Instructions to follow - Which lines in the records below contain the word "length"? Copy each one.
────────
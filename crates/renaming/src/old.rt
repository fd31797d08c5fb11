// The same over an order and cells in two arguments.

ghost use Rattle.std.specs.Prelude.{◌≡◌, ◌*◌, ◌≤◌, length};
ghost use Rattle.semigroups.specs.Tables.{Filled};
ghost use Rattle.semigroups.specs.Calls.{overwritten};
ghost use Rattle.renaming.specs.InnerRenaming.{renamed_cells};

use products::Table;

// Writes to `renamed` the table with its elements numbered anew; later bytes are untouched.
pub fn rename(cells: &[u8], n: usize, renamed: &mut [u8])
    requires fact_1 { Filled n cells.now }
    requires fact_2 { n * n ≤ length renamed.old }
    ensures renamed { renamed.new ≡ overwritten (renamed_cells n cells.now) renamed.old }
{
    let table = Table { cells, order: n };
    crate::rename(&table, renamed);
}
────────
Output for this exercise -
ghost use Rattle.std.specs.Prelude.{◌≡◌, ◌*◌, ◌≤◌, length};
    requires fact_2 { n * n ≤ length renamed.old }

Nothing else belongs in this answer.